What you are asked to do: All lines from the opening of the entries below through the line containing "const USAGE: &str" must be output exactly as they appear, with no other lines.

+===+

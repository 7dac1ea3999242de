//! Laws of what the program writes.

ghost use Rattle.std.specs.Prelude.{◌≡◌, ℕ, List};
ghost use Rattle.pgwire_engines.specs.ClientOutput.{ClientOutput};
ghost use Rattle.pgwire_engines.specs.Output.{BackendOutput};

/// A script has one output and one status.
pub fn one_answer()
    ensures { (script output other : List ℕ) (status answer : ℕ) →
        ClientOutput script output status → ClientOutput script other answer → (output ≡ other) × (status ≡ answer) }
{}

/// A stream has one listing and one status.
pub fn one_listing()
    ensures { (input output other : List ℕ) (status answer : ℕ) →
        BackendOutput input output status → BackendOutput input other answer → (output ≡ other) × (status ≡ answer) }
{}
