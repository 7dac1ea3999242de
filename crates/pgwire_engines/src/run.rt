//! The program's words.

ghost use Rattle.std.specs.Prelude.{◌≡◌, [], map, IfSome, IfNone, IfOk, IfErr};
ghost use Rattle.std.specs.Io.KnownBytes.{Keeps};
ghost use Rattle.pgtool_line.specs.Interruptions.{GivesUp};
ghost use Rattle.pgwire_engines.specs.Command.{Asks, IsOther, usage, complaint_of, Obeys, Succeeds, Stops, Runs, ObeysOwn, RunsOwn};
ghost use Rattle.pgwire_engines.specs.Asked.{asked};
ghost use Rattle.pgtool_line.specs.Words.{LacksWords};

use crate::backend::backend;
use crate::client::client;
use crate::fault::complaint;
use crate::ports::Input;
use crate::text;
use hex::FromHex;
use pgp_base::Memory;
use pgtool_line::fault::Fault;
use pgtool_line::outcome::{Outcome, tell};
use pgtool_line::ports::{Output, Words};
use pgtool_line::words::{lent, texts};

const USAGE: &str =
    "usage: pgwire client | backend | verifier PASSWORD SALTHEX | escape literal|identifier TEXT\n";

/// The words ask for nothing that there is.
fn refused() -> Outcome
    ensures status { result.status ≡ 2 }
    ensures complaint { result.complaint.now ≡ usage }
{
    Outcome::refused(USAGE)
}

/// What the words ask for.
#[derive(Debug, Clone, Copy)]
enum Command<'a> {
    Client,
    Backend,
    Verifier { password: &'a str, salt: [u8; 16] },
    EscapeLiteral(&'a str),
    EscapeIdentifier(&'a str),
}

fn command_of<'a>(words: &[&'a str]) -> Option<Command<'a>>
    ensures known { IfSome result (λ command. Asks (map (λ word. word.now) words.now) (asked command)) }
    ensures other { IfNone result (IsOther (map (λ word. word.now) words.now)) }
{
    match words {
        ["client"] => Some(Command::Client),
        ["backend"] => Some(Command::Backend),
        ["verifier", password, digits] => match <[u8; 16] as FromHex>::from_hex(*digits) {
            Ok(salt) => Some(Command::Verifier { password, salt }),
            Err(_) => None,
        },
        ["escape", "literal", text] => Some(Command::EscapeLiteral(text)),
        ["escape", "identifier", text] => Some(Command::EscapeIdentifier(text)),
        _ => None,
    }
}

/// Does what the command asks for.
fn perform<A: Memory, R: Input, W: Output>(
    alloc: A,
    command: Command<'_>,
    input: &mut R,
    output: &mut W,
) -> Result<u8, Fault>
    ensures done { IfOk result (λ status. Succeeds (W.Passed output.new) (asked command.entry)
        (record { input = R.remaining input.old; output = W.contents output.old })
        (record { input = R.remaining input.new; output = W.contents output.new })
        status []) }
    ensures fault { IfErr result (λ fault. Stops A.Lacks R.Fails (GivesUp W.Fails W.Interrupted) (asked command.entry)
        (record { input = R.remaining input.old; output = W.contents output.old })
        (record { input = R.remaining input.new; output = W.contents output.new })
        fault) }
{
    match command {
        Command::Client => client(alloc, input, output),
        Command::Backend => backend(alloc, input, output),
        Command::Verifier { password, salt } => text::verifier(alloc, password, salt, output),
        Command::EscapeLiteral(z) => text::escape_literal(alloc, z, output),
        Command::EscapeIdentifier(z) => text::escape_identifier(alloc, z, output),
    }
}

/// Does what the words ask for.
pub fn obey<A: Memory, R: Input, W: Output>(
    alloc: A,
    words: &[&str],
    input: &mut R,
    output: &mut W,
) -> Outcome
    ensures { Obeys A.Lacks R.Fails (GivesUp W.Fails W.Interrupted) (W.Passed output.new) (map (λ word. word.now) words.now)
        (record { input = R.remaining input.old; output = W.contents output.old })
        (record { input = R.remaining input.new; output = W.contents output.new })
        result.status result.complaint.now }
{
    let Some(command) = command_of(words) else {
        return refused();
    };
    match perform(alloc, command, input, output) {
        Ok(status) => Outcome::done(status),
        Err(fault) => Outcome::stopped(complaint(fault)),
    }
}

/// Does what the words ask for, says on `errors` what is to be said there, and returns the status.
///
/// Where `errors` fails, a front of that is said.
pub fn run<A: Memory, R: Input, W: Output, E: Output>(
    alloc: A,
    words: &[&str],
    input: &mut R,
    output: &mut W,
    errors: &mut E,
) -> u8
    ensures { Runs A.Lacks R.Fails (GivesUp W.Fails W.Interrupted) (W.Passed output.new) (GivesUp E.Fails E.Interrupted) (E.Passed errors.new) (map (λ word. word.now) words.now)
        (record { input = R.remaining input.old; output = W.contents output.old })
        (record { input = R.remaining input.new; output = W.contents output.new })
        (E.contents errors.old) (E.contents errors.new) result }
{
    tell(obey(alloc, words, input, output), errors)
}

/// Does what the program's own words ask for, where there is memory for them. A word that isn't UTF-8
/// asks for nothing that there is.
fn try_own<A: Memory, V: Words, R: Input, W: Output>(
    alloc: A,
    env: &V,
    input: &mut R,
    output: &mut W,
) -> Result<Outcome, Fault>
    ensures obeyed { IfOk result (λ outcome. ObeysOwn A.Lacks R.Fails (GivesUp W.Fails W.Interrupted) (W.Passed output.new) (V.Stands env.now) (V.Ends env.now) (V.Longer env.now)
        (record { input = R.remaining input.old; output = W.contents output.old })
        (record { input = R.remaining input.new; output = W.contents output.new })
        outcome.status outcome.complaint.now) }
    ensures fault { IfErr result (λ fault. (fault ≡ Fault.Memory) × LacksWords A.Lacks (V.Stands env.now) (V.Longer env.now)) }
    ensures input { IfErr result (λ _. Keeps (R.remaining input.old) (R.remaining input.new)) }
    ensures output { IfErr result (λ _. Keeps (W.contents output.old) (W.contents output.new)) }
{
    let Some(texts) = texts(alloc, env)? else {
        return Ok(refused());
    };
    let words = lent(alloc, texts.as_slice())?;
    Ok(obey(alloc, words.as_slice(), input, output))
}

/// Does what the program's own words ask for.
fn obey_own<A: Memory, V: Words, R: Input, W: Output>(
    alloc: A,
    env: &V,
    input: &mut R,
    output: &mut W,
) -> Outcome
    ensures { ObeysOwn A.Lacks R.Fails (GivesUp W.Fails W.Interrupted) (W.Passed output.new) (V.Stands env.now) (V.Ends env.now) (V.Longer env.now)
        (record { input = R.remaining input.old; output = W.contents output.old })
        (record { input = R.remaining input.new; output = W.contents output.new })
        result.status result.complaint.now }
{
    match try_own(alloc, env, input, output) {
        Ok(outcome) => outcome,
        Err(fault) => Outcome::stopped(complaint(fault)),
    }
}

/// Runs on the words of the process, after its name.
pub fn run_own<A: Memory, V: Words, R: Input, W: Output, E: Output>(
    alloc: A,
    env: &V,
    input: &mut R,
    output: &mut W,
    errors: &mut E,
) -> u8
    ensures { RunsOwn A.Lacks R.Fails (GivesUp W.Fails W.Interrupted) (W.Passed output.new) (V.Stands env.now) (V.Ends env.now) (V.Longer env.now) (GivesUp E.Fails E.Interrupted) (E.Passed errors.new)
        (record { input = R.remaining input.old; output = W.contents output.old })
        (record { input = R.remaining input.new; output = W.contents output.new })
        (E.contents errors.old) (E.contents errors.new) result }
{
    tell(obey_own(alloc, env, input, output), errors)
}
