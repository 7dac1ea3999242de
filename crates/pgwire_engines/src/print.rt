//! Writing a line.

ghost use Rattle.std.specs.Prelude.{◌≡◌, ◌≢◌, IfErr, IfOk, OnErr, OnOk, string_bytes};
ghost use Rattle.std.specs.Io.KnownBytes.{Appends, Keeps};
ghost use Rattle.pgtool_line.specs.Interruptions.{GivesUp, NoRead};
ghost use Rattle.pgtool_line.specs.Taken.{AppendsFront};
ghost use Rattle.pgtool_line.specs.Run.{Caused};
ghost use Rattle.pgwire_engines.specs.Output.{line};

use pgp_base::Memory;
use pgtool_line::fault::Fault;
use pgtool_line::ports::Output;
use pgtool_line::print::put;

/// Writes the text and a newline.
pub fn print<A: Memory, W: Output>(mut text: String<A>, output: &mut W) -> Result<u8, Fault>
    ensures written { OnOk result (Appends (W.contents output.old) (W.contents output.new) (line (string_bytes text))) }
    ensures status { IfOk result (λ status. status ≡ 0) }
    ensures quiet { IfErr result (λ fault. fault ≢ Fault.Write → Keeps (W.contents output.old) (W.contents output.new)) }
    ensures front { OnErr result (AppendsFront (W.contents output.old) (W.contents output.new) (line (string_bytes text))) }
    ensures passed { OnOk result (W.Passed output.new) }
    ensures cause { IfErr result (Caused A.Lacks NoRead (GivesUp W.Fails W.Interrupted)) }
{
    A::push_char(&mut text, '\n')?;
    put(text.as_bytes(), output)?;
    Ok(0)
}
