//! A client's connection, in memory of the caller's: the log-in, which message answers which request, and what the server says of its session.

ghost use Rattle.std.specs.Prelude.{◌≡◌, ◌≢◌, ◌<◌, ◌≤◌, ◌⊎◌, ◌&&◌, ◌+◌, ℕ, List, None, Some, drop, length, not, take, true, false};
ghost use Rattle.pgp_client.specs.Codes.{request_at};
ghost use Rattle.pgp_client.specs.Taking.{is_copying, is_idle};
ghost use Rattle.pgp_message.specs.BackendMessage.{DataRow, Fits};
ghost use Rattle.pgp_message.specs.Views.{view};
ghost use Rattle.for_c_auth.specs.Answering.{HasAnswered, asking};
ghost use Rattle.for_c_auth.specs.Connection.{IsBroken, IsMisplaced, KeepsRoom, Rejects, TookNext, TookNone, TookSo, FitsAt, NotRepliedTo, asked_of, link_of, may_ask, noted, with_key};
ghost use Rattle.for_c_auth.specs.Settings.{IsFull, value_of};
ghost use Rattle.pgp_login.specs.Face.{answered_at};
ghost use Rattle.pgp_login.specs.Versions.{answered, newer};
ghost use Rattle.pgp_login.specs.declared.face.PgpWays.{PgpWays as Ways};

use crate::connection_parts::{
    attributed, is_end, is_too_long, limit, note, reported_as, status_after, unfit,
};
use crate::deliver::deliver;
use crate::settings::{PgpSettings, PgpSpan, is_full, keep, value_at};
use crate::talk::{PgpTalk, is_broken, put_back, resumed};
use bytes::BytesMut;
use pgp_base::Memory;
use pgp_client::{Event, Kind, Request, Slots, Stage};
use pgp_login::{PgpLogin, PgpWays, answer, answered_at, answered_code, version_after};
use pgp_message::{BackendKeyDataBody, DataRowBody, Message, Messages};
use std::alloc::Global;

/// The result where there is no room, or the dialogue's places are none of its room.
pub(crate) const NO_ROOM: u32 = 1;

/// The result where memory was refused.
const NO_MEMORY: u32 = 95;

/// The result where the room for settings has none for the message's.
const NO_SETTING_ROOM: u32 = 96;

/// The result where the connection is over, or the request may not be asked now.
pub(crate) const WRONG_PHASE: u32 = 32;

/// The result where a number names no request.
const NO_KIND: u32 = 35;

/// The result where a message is announced that is too long.
const TOO_LONG: u32 = 94;

/// The result where bytes are missing.
const MORE: u32 = 100;

/// A connection. With all numbers 0 it is one of which nothing was asked.
#[repr(C)]
pub struct PgpConnection<'a> {
    pub dialogue: PgpTalk<'a>,
    pub settings: PgpSettings<'a>,
    pub key_len: usize,
    pub process_id: i32,
    /// Whether the session has ended, or an error ended it.
    pub is_over: bool,
    /// The status of the last ReadyForQuery: `I`, `T` or `E`; 0 before the first.
    pub status: u8,
    pub login: PgpLogin,
    /// The key of a cancel request, of which so many bytes are.
    pub secret_key: [u8; 256],
    /// The version that the server answered: 1 for 3.0, 2 for 3.2; 0 where it didn't answer, and so speaks that of the startup packet.
    pub version: u8,
}

/// What a message is to the requests: 1 a part of an answer, 2 its last message, 3 no part of any, 4 the end of the session.
#[repr(C)]
#[derive(Clone, Copy)]
pub struct PgpTaken {
    /// The name of the request that is answered; 0 where there is none.
    pub name: u64,
    /// How many bytes the message has.
    pub frame: usize,
    pub what: u8,
}

/// Takes the message at the front of the bytes: says to which request it belongs, and writes the reply that the log-in wants.
#[unsafe(no_mangle)]
pub extern "C" fn pgp_connection_take(
    alloc: Global,
    connection: &mut PgpConnection<'_>,
    ways: &PgpWays<'_>,
    bytes: &[u8],
    out: &mut [u8],
    written: &mut usize,
    taken: &mut PgpTaken,
) -> u32
    ensures took { result ≡ 0 → TookNext ways.now (length connection.old.settings.room.now) bytes.now (link_of connection.old) (link_of connection.new) taken.new out.old out.new written.new }
    ensures none { result ≢ 0 → TookNone (Unit {0}) (IsBroken connection.old.dialogue) (IsFull connection.old.settings) ways.now bytes.now out.old (link_of connection.old) (link_of connection.new) result }
    ensures left { result ≢ 0 → (written.new ≡ 0) × (out.new ≡ out.old) × (taken.new ≡ taken.old) }
    ensures room { KeepsRoom connection.old.dialogue connection.new.dialogue × (length connection.new.settings.room.now ≡ length connection.old.settings.room.now) }
{
    take(alloc, connection, ways, bytes, out, written, taken)
}
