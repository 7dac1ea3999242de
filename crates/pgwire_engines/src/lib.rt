//! Writes what a script of a client sends, lists what a PostgreSQL server sent, makes verifiers, and
//! escapes texts: what the program `pgwire` runs.
#![tactic(auto)]

pub mod backend;
pub mod client;
pub mod fault;
pub mod laws;
pub mod ports;
pub mod print;
pub mod rest;
pub mod run;
pub mod script;
pub mod text;
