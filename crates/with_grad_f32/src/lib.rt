// f32: written by tools/width from crates/with_grad/src/lib.rt; what has no float is called there.
// The answer of the call that gives value and gradient together.
#![tactic(auto)]

ghost use Rattle.shared_sums.specs.Internal.{RefusedBy};

use counted_sums::none;
use multicubic::{Outcome, answered, unmarked};
use with_grad::ValueAndGradient;

// What a refusal answers.
pub fn refused(outcome: Outcome) -> ValueAndGradient<f32>
    ensures { RefusedBy outcome result.answer result.gradient result.marks result.sums.taken }
{
    ValueAndGradient {
        answer: answered(outcome, 0.0),
        marks: unmarked(),
        gradient: [0.0; 4],
        sums: none(),
    }
}
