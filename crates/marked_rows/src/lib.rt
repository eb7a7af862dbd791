// The marked cases of clause 9.1: specs/ has the twelve rows, proofs/ the one lemma. The crate has no code.
#![tactic(auto)]
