// The window over a capture's samples, and what one phase reads in it. From source document 001 (manchester.rs).
#![tactic(auto)]

ghost use Rattle.std.specs.Prelude.{◌≡◌, min, max, ◌+◌, ◌-◌, ◌^◌, ◌≤◌, ◌<◌, ltb};
ghost use Rattle.std.proofs.Math.IntN.{sub_ℕ};
ghost use Rattle.laws.specs.Pick.{pick};
ghost use Rattle.window.specs.Window.{window_of, empty_window, level_before, peek_at};
ghost use Rattle.window.specs.Phase.{failed, decode_of, phase_of, bits_of, stride_of};
ghost use Rattle.window.specs.Constants.{public_constants};
ghost use Rattle.window.specs.Code.{byte_at, ten_ticks, peeks_of, stop_of, around_of, summary_of, stored_of, pushed_of, placed_of};

// Source document 000 (fsm.rs) has this constant. It is here since the window needs it.
pub const DALI_RX_SAMPLE_BUF_LEN: usize = 64;

pub const DECODED_BYTES: usize = 8;

// Nobody calls this: its promise says what each public constant is.
fn constants() -> PublicConstants
    ensures { result ≡ public_constants }
{
    PublicConstants {
        dali_rx_sample_buf_len: DALI_RX_SAMPLE_BUF_LEN,
        decoded_bytes: DECODED_BYTES,
    }
}

#[derive(Drop)]
struct PublicConstants {
    dali_rx_sample_buf_len: usize,
    decoded_bytes: usize,
}

const WINDOW_LEN: usize = DALI_RX_SAMPLE_BUF_LEN + 2;

const WINDOW_BITS_PER_SAMPLE: u16 = 8;

const PEEK_IDLE: u8 = 0xFF;

const PEEK_HELD: u8 = 0x00;

// The bits that the data bytes have room for.
const STORED_BITS: u8 = (DECODED_BYTES * 8) as u8;

// The sample bits of a full window.
const MOST_SAMPLE_BITS: u16 = DALI_RX_SAMPLE_BUF_LEN as u16 * WINDOW_BITS_PER_SAMPLE;

// No peek begins more than 128 ticks before the start. The code counts positions from there, so that none is negative.
const EARLIEST: u16 = 128;

// The Rust's own enum.
#[derive(Drop)]
enum PeekStop {
    None,
    Idle,
    Held,
}

// The three peeks of a bit: at its position, a tick earlier and a tick later.
#[derive(Drop)]
struct BitPeeks {
    centre: u8,
    early: u8,
    late: u8,
}

#[derive(Drop)]
struct PeekAround {
    weightmax: u8,
    pmax: u16,
    stop: PeekStop,
}

// What a phase has read: how many bits, the start bit among them, their score, and the stored bits as one number.
#[derive(Drop)]
struct Reading {
    bit_len: u8,
    score: u16,
    bits: u64,
}

impl Reading {
    const EMPTY: Reading = Reading {
        bit_len: 0,
        score: 0,
        bits: 0,
    };
}

// The eight data bytes are one number, the first byte on top.
#[derive(Clone, Copy)]
pub struct PhaseDecode {
    pub bit_len: u8,
    pub phase_ticks: i8,
    pub score: u16,
    pub data: u64,
}

impl PhaseDecode {
    #[tactic(auto, unfolding(crate::specs::Phase::decode_of))]
    fn failed(phase_ticks: i8) -> PhaseDecode
        ensures { result ≡ decode_of phase_ticks failed }
    {
        PhaseDecode {
            bit_len: 0,
            phase_ticks,
            score: 0,
            data: 0,
        }
    }
}

// The fields are the Rust's. Memory is fixed, so the number of samples and pad stands beside the room for them.
#[derive(Clone, Copy)]
pub struct SampleWindow {
    bytes: [u8; WINDOW_LEN],
    len: u16,
    bits: u16,
}

impl SampleWindow {
    pub const EMPTY: SampleWindow = SampleWindow {
        bytes: [0; WINDOW_LEN],
        len: 0,
        bits: 0,
    };

    // Nobody calls this: its promise says what the constant is.
    #[tactic(auto, unfolding(crate::specs::Window::empty_window))]
    fn empty() -> SampleWindow
        ensures { result ≡ empty_window }
    {
        SampleWindow::EMPTY
    }

    #[tactic(auto, using(crate::proofs::Captured::captured))]
    pub fn of_capture(samples: &[u8; DALI_RX_SAMPLE_BUF_LEN], sample_count: u16) -> SampleWindow
        ensures { result ≡ window_of samples.now sample_count }
    {
        let n = samples_kept(sample_count);
        let mut bytes = [0; WINDOW_LEN];
        bytes[..n].copy_from_slice(&samples[..n]);
        bytes[n] = PEEK_IDLE;
        SampleWindow {
            bytes,
            len: (n + 1) as u16,
            bits: n as u16 * WINDOW_BITS_PER_SAMPLE,
        }
    }

    // Byte number `pos` of the window. Past the pad there is none.
    #[tactic(auto, unfolding(crate::specs::Code::byte_at, laws::specs::Pick::pick))]
    fn byte(&self, pos: u16) -> Option<u8>
        ensures { result ≡ byte_at self.now pos }
    {
        if self.len <= pos {
            return None;
        }
        self.bytes.get(pos as usize).copied()
    }

    // One tick of a peek that begins before the start.
    #[tactic(auto, using(crate::proofs::Peeks::levels), unfolding(crate::specs::Window::level_before, laws::specs::Pick::pick))]
    fn sample_bit(&self, at: u16) -> u8
        ensures { result ≡ level_before self.now (sub_ℕ at 128) }
    {
        if at < EARLIEST {
            return self.byte(0).unwrap_or(PEEK_IDLE) / 128;
        }
        let bitpos = at - EARLIEST;
        if self.bits <= bitpos {
            return 1;
        }
        (self.byte(bitpos / 8).unwrap_or(0) >> (7 - bitpos % 8)) % 2
    }

    fn peek_before_start(&self, at: u16) -> u8
        requires { at < 128 }
        ensures { result ≡ peek_at self.now (sub_ℕ at 128) }
    {
        let mut sample: u8 = 0;
        for offset in 0..8 {
            sample = sample * 2 + self.sample_bit(at + offset);
        }
        sample
    }

    // Eight ticks from a position on, the first on top. The bound on it keeps the sums within 16 bits, here and in the next three functions.
    #[tactic(auto, using(crate::proofs::Peeks::peek_past, crate::proofs::Peeks::peek_within))]
    fn peek8(&self, at: u16) -> u8
        requires { at ≤ 1000 }
        ensures { result ≡ peek_at self.now (sub_ℕ at 128) }
    {
        if at < EARLIEST {
            return self.peek_before_start(at);
        }
        let shifted = at - EARLIEST;
        let pos = shifted / 8;
        if self.len <= pos {
            return PEEK_IDLE;
        }
        let first = self.byte(pos).unwrap_or(0) as u16;
        let next = self.byte(pos + 1).unwrap_or(0) as u16;
        (((first * 256 + next) >> (8 - shifted % 8)) % 256) as u8
    }

    // Ten ticks from a position on, the first on top.
    #[tactic(auto, using(crate::proofs::Peeks::ten))]
    fn ten_ticks(&self, bitpos: u16) -> u16
        requires { bitpos ≤ 1000 }
        ensures { result ≡ ten_ticks self.now bitpos }
    {
        let pos = bitpos / 8;
        let first = self.byte(pos).unwrap_or(0) as u32;
        let second = self.byte(pos + 1).unwrap_or(0) as u32;
        let third = self.byte(pos + 2).unwrap_or(0) as u32;
        let ticks = first * 65_536 + second * 256 + third;
        ((ticks >> (14 - bitpos % 8)) % 1024) as u16
    }

    // If all three peeks begin within the capture or its pad, they lie within the same ten ticks, and one read of these is enough.
    #[tactic(auto, using(crate::proofs::Peeks::together), unfolding(crate::specs::Code::peeks_of))]
    fn peeks_around(&self, at: u16) -> BitPeeks
        requires { (1 ≤ at) × (at ≤ 900) }
        ensures { result ≡ peeks_of self.now at }
    {
        if EARLIEST < at && (at + 1 - EARLIEST) / 8 < self.len {
            let ticks = self.ten_ticks(at - 1 - EARLIEST);
            return BitPeeks {
                centre: (ticks / 2 % 256) as u8,
                early: (ticks / 4 % 256) as u8,
                late: (ticks % 256) as u8,
            };
        }
        BitPeeks {
            centre: self.peek8(at),
            early: self.peek8(at - 1),
            late: self.peek8(at + 1),
        }
    }

    // A bit's weight, the stride to the next bit, and the stop. The stop depends on the late peek and on no other.
    #[tactic(auto, using(crate::proofs::Turns::around))]
    fn weighted_peek_around(&self, bitpos: u16, bias: u8) -> PeekAround
        requires { (1 ≤ bitpos) × (bitpos ≤ 600) }
        ensures { result ≡ around_of self.now (sub_ℕ bias 128) bitpos }
    {
        let peeks = self.peeks_around(bitpos + bias as u16);
        let centre = weight::sample_weight(peeks.centre);
        let early = weight::sample_weight(peeks.early);
        let late = weight::sample_weight(peeks.late);
        PeekAround {
            weightmax: centre.max(early).max(late),
            pmax: stride(centre, early, late),
            stop: stop_of(peeks.late),
        }
    }

    // None if the phase fails.
    #[tactic(auto, using(crate::proofs::Turns::turns))]
    fn read_phase(&self, max_out_bits: u8, bias: u8) -> Option<Reading>
        ensures { result ≡ summary_of (bits_of self.now max_out_bits (sub_ℕ bias 128)) }
    {
        // No window that can be made has more sample bits than a full one, so this cuts none off.
        let bits = self.bits.min(MOST_SAMPLE_BITS);
        let mut read = Reading::EMPTY;
        let mut bitpos: u16 = 1;
        while bitpos + 1 < bits {
            if max_out_bits < read.bit_len {
                break;
            }
            let around = self.weighted_peek_around(bitpos, bias);
            match around.stop {
                PeekStop::Idle => break,
                PeekStop::Held => return None,
                PeekStop::None => {}
            }
            read.score += around.weightmax as u16;
            read.bits = push_decoded_bit(read.bits, read.bit_len, around.weightmax);
            read.bit_len += 1;
            bitpos += around.pmax;
        }
        Some(read)
    }

    pub fn decode_phase(self, max_out_bits: u8, phase_ticks: i8) -> PhaseDecode
        ensures { result ≡ phase_of self max_out_bits phase_ticks }
    {
        let Some(read) = self.read_phase(max_out_bits, from_earliest(phase_ticks)) else {
            return PhaseDecode::failed(phase_ticks);
        };
        PhaseDecode {
            bit_len: reported(read.bit_len),
            phase_ticks,
            score: read.score,
            data: placed(read.bits, stored(read.bit_len)),
        }
    }
}

// A capture has as many samples as it counts, but never more than 64.
pub fn samples_kept(sample_count: u16) -> usize
    ensures { result ≡ min sample_count 64 }
{
    (sample_count as usize).min(DALI_RX_SAMPLE_BUF_LEN)
}

// The phase with `EARLIEST` added, so that it is never negative.
fn from_earliest(phase_ticks: i8) -> u8
    ensures { sub_ℕ result 128 ≡ phase_ticks }
{
    (phase_ticks as i16 + 128) as u8
}

// The stride to the next bit. On a tie the centre wins over the early peek, and both win over the late one.
#[tactic(auto, unfolding(crate::specs::Phase::stride_of, laws::specs::Pick::pick))]
fn stride(centre: u8, early: u8, late: u8) -> u16
    ensures { result ≡ stride_of centre early late }
{
    if centre.max(early) < late {
        return 9;
    }
    if centre < early { 7 } else { 8 }
}

// The Rust's match. It is a function by itself, since a definition names it.
#[tactic(auto, unfolding(crate::specs::Code::stop_of, laws::specs::Pick::pick))]
fn stop_of(sample: u8) -> PeekStop
    ensures { result ≡ stop_of sample }
{
    match sample {
        PEEK_IDLE => PeekStop::Idle,
        PEEK_HELD => PeekStop::Held,
        _ => PeekStop::None,
    }
}

// The stored bits with one more. Neither the start bit nor a data bit past the 64th is stored.
#[tactic(auto, using(crate::proofs::Placing::room), unfolding(crate::specs::Code::pushed_of, laws::specs::Pick::pick))]
fn push_decoded_bit(bits: u64, bit_len: u8, weightmax: u8) -> u64
    requires { bits < 2 ^ stored_of bit_len }
    ensures { result ≡ pushed_of bits bit_len weightmax }
{
    if bit_len == 0 || STORED_BITS < bit_len {
        return bits;
    }
    bits * 2 + (weightmax % 2) as u64
}

// The length that the phase reports. It leaves the start bit out, unless that is the only bit.
#[tactic(auto, unfolding(laws::specs::Pick::pick))]
fn reported(bit_len: u8) -> u8
    ensures { result ≡ pick (ltb 1 bit_len) (bit_len - 1) bit_len }
{
    if 1 < bit_len { bit_len - 1 } else { bit_len }
}

// How many of the bits read are stored.
fn stored(bit_len: u8) -> u8
    ensures { result ≡ stored_of bit_len }
{
    bit_len.saturating_sub(1).min(STORED_BITS)
}

// The n stored bits, eight to a byte, the first byte on top. If the last byte is part-filled, its bits are the low ones.
#[tactic(auto, using(crate::proofs::Placing::one_shifted, crate::proofs::Placing::sum_fits, crate::proofs::Placing::placed_fits, crate::proofs::Placing::placed_none))]
fn placed(bits: u64, n: u8) -> u64
    requires { (bits < 2 ^ n) × (n ≤ 64) }
    ensures { result ≡ placed_of bits n }
{
    if n == 0 {
        return 0;
    }
    let whole = (n - 1) / 8 * 8;
    let rest = n - whole;
    ((bits >> rest) * 256 + bits % (1u64 << rest)) << (56 - whole)
}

+===+

Solution to the problem:
repository 7dac1ea3999242de
//! Laws of what the program writes.

ghost use Rattle.std.specs.Prelude.{◌≡◌, ℕ, List};
ghost use Rattle.pgwire_engines.specs.ClientOutput.{ClientOutput};
ghost use Rattle.pgwire_engines.specs.Output.{BackendOutput};

/// A script has one output and one status.
pub fn one_answer()
    ensures { (script output other : List ℕ) (status answer : ℕ) →
        ClientOutput script output status → ClientOutput script other answer → (output ≡ other) × (status ≡ answer) }
{}

/// A stream has one listing and one status.
pub fn one_listing()
    ensures { (input output other : List ℕ) (status answer : ℕ) →
        BackendOutput input output status → BackendOutput input other answer → (output ≡ other) × (status ≡ answer) }
{}
repository 7dac1ea3999242de
filename crates/pgwire_engines/src/run.rt
//! The program's words.

ghost use Rattle.std.specs.Prelude.{◌≡◌, [], map, IfSome, IfNone, IfOk, IfErr};
ghost use Rattle.std.specs.Io.KnownBytes.{Keeps};
ghost use Rattle.pgtool_line.specs.Interruptions.{GivesUp};
ghost use Rattle.pgwire_engines.specs.Command.{Asks, IsOther, usage, complaint_of, Obeys, Succeeds, Stops, Runs, ObeysOwn, RunsOwn};
ghost use Rattle.pgwire_engines.specs.Asked.{asked};
ghost use Rattle.pgtool_line.specs.Words.{LacksWords};

use crate::backend::backend;
use crate::client::client;
use crate::fault::complaint;
use crate::ports::Input;
use crate::text;
use hex::FromHex;
use pgp_base::Memory;
use pgtool_line::fault::Fault;
use pgtool_line::outcome::{Outcome, tell};
use pgtool_line::ports::{Output, Words};
use pgtool_line::words::{lent, texts};

const USAGE: &str =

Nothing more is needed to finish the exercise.